Becoming a barber is the way to go

Below are 3 training options that you may consider to becoming a barber. There are many ways to become a barber, and they differ based on training duration, training quality, teachers, and cutting experience. Bottom-line, the more haircuts that you do, then the more experience that you’ll get to prepare you for the real world as a barber.

1. Private intensive courses (2 months)

Bottom-line: Private training is the best option to getting the skills needed to work as a barber. Not all private academies are alike, however, so be selective with your choice.

In a private course, you are investing money into yourself by selecting the best. You will likely to have more skilled trainers, smaller class sizes so more individual support, and more real practice on models. This is what your tuition goes towards. Yes, the cost of private courses is higher than further education colleges, but the £4,000 training cost can typically be made back in 2 to 3 months’ work as a barber. You get what you pay for.

Not all private academies are alike, however, so be selective with your choice. Focus on schools dedicated to just barbering so that you know their resources are not shared with beauty and nails. Make sure your trainers are pro barbers by trade, and not hairdressers with limited cutting experience. Find a professional institution with structure and good management — you can quickly see this by visiting the school and meeting the staff. Make sure that you spend your time learning how to cut hair, and not on the streets trying to find models, as some schools make you do. Lastly, find a school with a good network of barbershop contacts to help you find a job after your training.

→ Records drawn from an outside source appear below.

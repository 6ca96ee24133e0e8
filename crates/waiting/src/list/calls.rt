// What can be done with a waiting list. Each `name` clause says that the list stays over the same lent places.
ghost use Rattle.std.specs.Prelude.{◌≡◌, ◌+◌, ◌<◌, ◌≤◌, min, length, take, slice_index_or, slice_set};
ghost use Rattle.clocks.specs.Rows.{nowhere_below};
ghost use Rattle.waiting.specs.Queues.{first_where, closed_up, push_answer};

use crate::list::WaitingList;
use crate::need::Need;
use crate::ready::first_ready;
use clocks::row::Row;
use clocks::seat::Seat;
use values::fault::{Fault, Refusal};

impl<'a, T: Need + Copy> WaitingList<'a, T> {
    /// The list of the items in the first `count` places.
    pub fn over(places: &'a mut [T], count: usize) -> WaitingList<'a, T>
        requires { count ≤ length places.old }
        ensures count { result.count ≡ count }
        ensures places { result.places.now ≡ places.old }
        ensures name { result.places.ghost_name ≡ places.entry.ghost_name }
    {
        WaitingList { places, count }
    }

    /// How many items wait.
    pub fn count(&self) -> usize
        ensures { result ≡ self.now.count }
    {
        self.count
    }

    /// Puts an item last, or refuses it with 12 where every place is taken.
    pub fn push(&mut self, item: T) -> Result<(), Fault>
        ensures answer { result ≡ push_answer self.old.count (length self.old.places.now) }
        ensures places { self.new.places.now ≡ slice_set self.old.places.now self.old.count item }
        ensures count { self.new.count ≡ min (self.old.count + 1) (length self.old.places.now) }
        ensures name { self.new.places.ghost_name ≡ self.old.places.ghost_name }
    {
        // Stays: `get_mut`, and `first_mut` of the rest, tell a proof only the length of what they write to, so the place is tested and then written by its index.
        if self.count >= self.places.len() {
            return Err(Fault::of_site(Refusal::ListIsFull));
        }
        self.places[self.count] = item;
        self.count += 1;
        Ok(())
    }

    /// Where the oldest ready item stands: one whose need is nowhere above `applied`.
    pub fn oldest_ready(&self, seat: Seat, applied: &Row) -> Option<usize>
        ensures { result ≡ first_where (λ x. nowhere_below seat.count.number applied.now.counts (T.Need.needed x seat.count.number seat.site)) 0 (take self.now.count self.now.places.now) }
    {
        first_ready(&self.places[..self.count], seat, applied)
    }

    /// Takes an item out; the later ones move up in their order, and the last place is free again.
    pub fn take(&mut self, index: usize) -> T
        requires { index < self.old.count }
        ensures result { result ≡ slice_index_or self.old.places.now index result }
        ensures places { self.new.places.now ≡ closed_up index self.old.count self.old.places.now }
        ensures count { self.new.count + 1 ≡ self.old.count }
        ensures name { self.new.places.ghost_name ≡ self.old.places.ghost_name }
    {
        let item = self.places[index];
        self.places.copy_within(index + 1..self.count, index);
        self.count -= 1;
        item
    }
}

The London School of Barbering is able to train at a superior standard to colleges for several reasons, such as:
  • You are provided about 150 models for real haircuts to help you develop as a barber, whereas your college will provide you about 20 haircuts. The more practice you have then the better that you become.
  • Classes are 6 to 10 students each. Colleges have over 20 students in each class, which means less 1-on-1 support from teachers.
  • Our trainers are superb. We hire pro barbers with over 10 years experience to help you learn the tricks of the trade.
  • We are barbering specific. Colleges run many other courses, spread resources thin, and don’t have the same expertise. All that we do is barbering, which means that we’re focused only on your training and results.
  • We are located in central London, so you will learn many advanced haircuts and styles. Our models request haircuts of all kinds which helps prepare you for the real world and dealing with that next customer who walks in the door.

Listen to some of our students who choose London School of Barbering to learn the barber trade and take the shorter route through private education:

2. Apprenticeship (2 to 3 years)

Bottom-line: An apprenticeship offers only a limited amount of haircutting but it allows you to get a feel of how a salon works. There is no monetary cost for an apprenticeship, only your time and opportunity cost.

An apprenticeship in barbering takes about 2 to 3 years to complete, and it is typically for people aged 16-18 years old. To enrol in an apprenticeship, you’ll need to find a barbershop that is willing to take on an apprentice as well as find a college that trains you once per week in order to get an NVQ.

You likely will spend your first 6 to 12 months washing towels, sweeping floors, shampooing hair, answering phones, and helping around the shop. You’ll also get to see barbers at work and their typical day to day. Your actual training to cut hair will take place once a week at a local college over 2 or more years. At the shop, you will start cutting hair at earliest in 6 months, but sometimes it could be slower. You will have to source your own models and do maybe 1 or 2 cuts per week. Another downside of an apprenticeship if that you only learn the techniques of the barber that trains you.

Simon Crawford who is a barber at super cool Johnny’s Chop Shop and also one of our former London School of Barbering students talks about how our barbering courses compare with apprenticeships.

3. Further Education College (1 to 2 years)

Bottom-line: You could graduate with limited cutting experience and without the skills needed to work as a barber.

A further education college offers a wide array of courses, of which one may be a barbering course. These courses last 1 to 2 years. The advantages of a college is that it typically costs less than private training, and classes run during evenings which might suit your schedule.

There are downsides to college training — in short, you graduate with limited cutting experience and without the skills needed to work as a barber, such as wet shaving an advanced hair cutting techniques. This is due to several reasons:

  • Class sizes are large at 20 or more students, which means that you don’t get much 1-on-1 training.
  • Students practice primarily on headblocks, and they only do about 1 or 2 cuts per week, often share models and have to source their own models. This makes it tough to build a rhythm and develop your skill when you’re only doing a couple haircuts per week.
  • Colleges tend to be more theory-based with training and stick to book learning. However, barbering is a hands-on profession and requires lots of practical experience.
  • There is often inconsistency in the teaching over the 2-year period, with teachers sometimes leaving midway. College classes are typically taught by hairdressers with limited real-life experience.